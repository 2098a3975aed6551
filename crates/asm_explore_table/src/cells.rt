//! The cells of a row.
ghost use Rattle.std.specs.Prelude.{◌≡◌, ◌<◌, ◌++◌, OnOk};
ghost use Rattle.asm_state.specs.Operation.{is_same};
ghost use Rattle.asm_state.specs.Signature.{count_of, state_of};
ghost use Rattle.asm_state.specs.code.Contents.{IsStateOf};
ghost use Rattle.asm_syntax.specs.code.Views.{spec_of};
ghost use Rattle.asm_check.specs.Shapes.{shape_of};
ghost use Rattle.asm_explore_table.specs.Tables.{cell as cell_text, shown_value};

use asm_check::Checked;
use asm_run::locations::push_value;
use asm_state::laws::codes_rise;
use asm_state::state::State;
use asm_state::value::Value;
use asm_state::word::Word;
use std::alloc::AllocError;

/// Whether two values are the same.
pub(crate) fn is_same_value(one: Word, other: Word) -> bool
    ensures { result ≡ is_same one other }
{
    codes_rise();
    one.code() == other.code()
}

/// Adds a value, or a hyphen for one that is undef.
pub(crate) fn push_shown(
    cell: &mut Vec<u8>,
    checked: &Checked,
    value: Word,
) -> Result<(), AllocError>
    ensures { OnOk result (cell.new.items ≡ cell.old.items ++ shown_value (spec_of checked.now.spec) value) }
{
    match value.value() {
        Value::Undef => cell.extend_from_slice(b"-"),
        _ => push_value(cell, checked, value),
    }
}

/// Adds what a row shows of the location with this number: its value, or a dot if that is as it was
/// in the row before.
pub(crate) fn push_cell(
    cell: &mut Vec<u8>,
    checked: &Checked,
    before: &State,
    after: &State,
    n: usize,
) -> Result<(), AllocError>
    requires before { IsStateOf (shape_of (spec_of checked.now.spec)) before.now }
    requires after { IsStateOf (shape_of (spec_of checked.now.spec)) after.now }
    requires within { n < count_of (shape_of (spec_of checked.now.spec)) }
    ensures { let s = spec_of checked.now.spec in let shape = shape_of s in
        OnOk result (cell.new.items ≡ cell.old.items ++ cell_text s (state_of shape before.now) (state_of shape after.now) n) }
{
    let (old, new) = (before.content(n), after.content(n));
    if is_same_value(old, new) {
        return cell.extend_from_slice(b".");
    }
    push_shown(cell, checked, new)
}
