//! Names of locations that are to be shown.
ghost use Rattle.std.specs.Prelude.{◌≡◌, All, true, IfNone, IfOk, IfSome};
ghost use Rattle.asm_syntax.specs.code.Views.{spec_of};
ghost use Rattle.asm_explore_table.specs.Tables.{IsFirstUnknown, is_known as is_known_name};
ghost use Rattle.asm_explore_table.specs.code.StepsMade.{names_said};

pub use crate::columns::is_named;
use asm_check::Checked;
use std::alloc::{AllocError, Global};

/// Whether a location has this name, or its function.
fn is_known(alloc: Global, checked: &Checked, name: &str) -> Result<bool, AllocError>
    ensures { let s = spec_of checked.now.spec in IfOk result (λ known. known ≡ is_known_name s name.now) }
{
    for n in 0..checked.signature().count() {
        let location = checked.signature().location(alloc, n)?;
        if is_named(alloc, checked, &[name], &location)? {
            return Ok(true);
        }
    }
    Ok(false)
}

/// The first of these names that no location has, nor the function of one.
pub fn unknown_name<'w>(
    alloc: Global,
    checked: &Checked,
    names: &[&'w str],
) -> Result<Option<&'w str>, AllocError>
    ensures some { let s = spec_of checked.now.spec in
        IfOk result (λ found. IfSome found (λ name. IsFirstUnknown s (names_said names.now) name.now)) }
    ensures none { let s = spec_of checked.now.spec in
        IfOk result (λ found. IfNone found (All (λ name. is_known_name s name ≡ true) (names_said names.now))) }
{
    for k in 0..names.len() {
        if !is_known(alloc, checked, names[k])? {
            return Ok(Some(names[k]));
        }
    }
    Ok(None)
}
───
■ Problem requirements: If a line in the listing holds the word "Tables", copy it out.

■ Answer to the exercise:
ghost use Rattle.asm_explore_table.specs.Tables.{cell as cell_text, shown_value};
ghost use Rattle.asm_explore_table.specs.Tables.{IsFirstUnknown, is_known as is_known_name};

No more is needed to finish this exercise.